Valentino? No, Iannone. Vince l'altra Italia

MotoGp al Mugello: domina Lorenzo, Dovizioso terzo. Valentino: "Mai così bene sull'asciutto". Stoner fantasma: la gara più brutta. L'abruzzese Andrea Iannone vince in Moto2

Ha vinto Lorenzo, Yamaha, partenza, sorpasso, fuga, dominio e arrivederci e grazie. Al Mugello il Vale ha chiuso quinto, «miglior gara sull'asciutto» ha detto, però è quel che non dice che interesserebbe sapere, il suo futuro. Al Mugello Dovizioso ha azzannato il podio, però dice «il merito non basta, se Yamaha non mi dà una moto ufficiale emigro in Sbk» e allora via un altro.
Purtroppo va così. L'Italia del Gran premio d'Italia non è più l'Italia di quando si vinceva a raffica e si coloravano di tricolore tutti i gradini del podio e c'erano i Rossi e Biaggi e Capirossi e Melandri e, massì, anche il Simoncelli, diamine quanto manca il povero Sic. Non è più quest'Italia sparpagliata e spesso vincente in tutte le classi. Facciamocene una ragione in attesa che il Vale svolti sulla Rossa o emigrando altrove, in attesa che il prossimo anno ricominci a togliersi soddisfazioni con il chiaro obiettivo di vincere, possibilmente tornando a stravincere, glielo auguriamo, per poi salutare tutti nel modo che ha sempre sognato: da dominatore. Facciamocene una ragione, sarà cosa breve la sua, al massimo un paio di stagioni ancora, ma dopo di lui che Italia sarà in MotoGp? Ancora questa?
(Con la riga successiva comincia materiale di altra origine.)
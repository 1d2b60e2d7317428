//! Replacements of cells' contents, as a map from addresses to values.
#![tactic(auto)]

mod compared;
mod entries;
pub mod laws;
mod lookup;
mod part;
mod reaches;
mod rising;
mod world;

pub use entries::listed;
pub use lookup::value_at;
pub use reaches::Reaches;
pub use world::World;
Meno male che stavolta c'è l'Italia di Iannone in Moto2, ottimo pilota che forse non è un fuoriclasse o forse sì, però di certo sconta il disinteresse con cui i media per primi, ma anche i tifosi, suvvia, ammettiamolo, seguono le altre classi. Perché la new generation di chi racconta le moto e di che le ama e tifa non è più quella dura e pura del passato, quella che in un modo o nell'altro, nella classe regina, gioiva per i fasti di Agostini, per Lucchinelli, per Uncini, per le imprese spot di Cadalora nelle classi regine, però sapeva tenere gli occhi e il cuore ben puntati anche sulle piccole e faceva titoloni e s'emozionava e si spellava di applausi se un Gresini vinceva in 125, se spuntava un Capirossi con foulard al collo, se Biaggi diventava corsaro nero in 250, se un folletto Robin Hood delle piste sbocciava e si chiamava Valentino Rossi e Rossifumi e correva in 125 lungagnone com'era.

Per cui bravo il Dovi terzo, però Andrea Iannone ha vinto il Gp d'Italia. E Romano Fenati ha chiuso secondo in Moto3. Quando una vita fa vincevano Biaggi e Capirossi nel motomondiale e c'era un tal Mick Doohan che dominava in 500, quanto ci siamo spellati le mani per Max e Loris e anche il primo Valentino sulle piccole, snobbando i trionfi dell'australiano? Torniamo a farlo. Eravamo felici dei nostri eroi sulle piccole. Ricominciamo ad esserlo. Fa bene a noi. Lo dobbiamo a loro.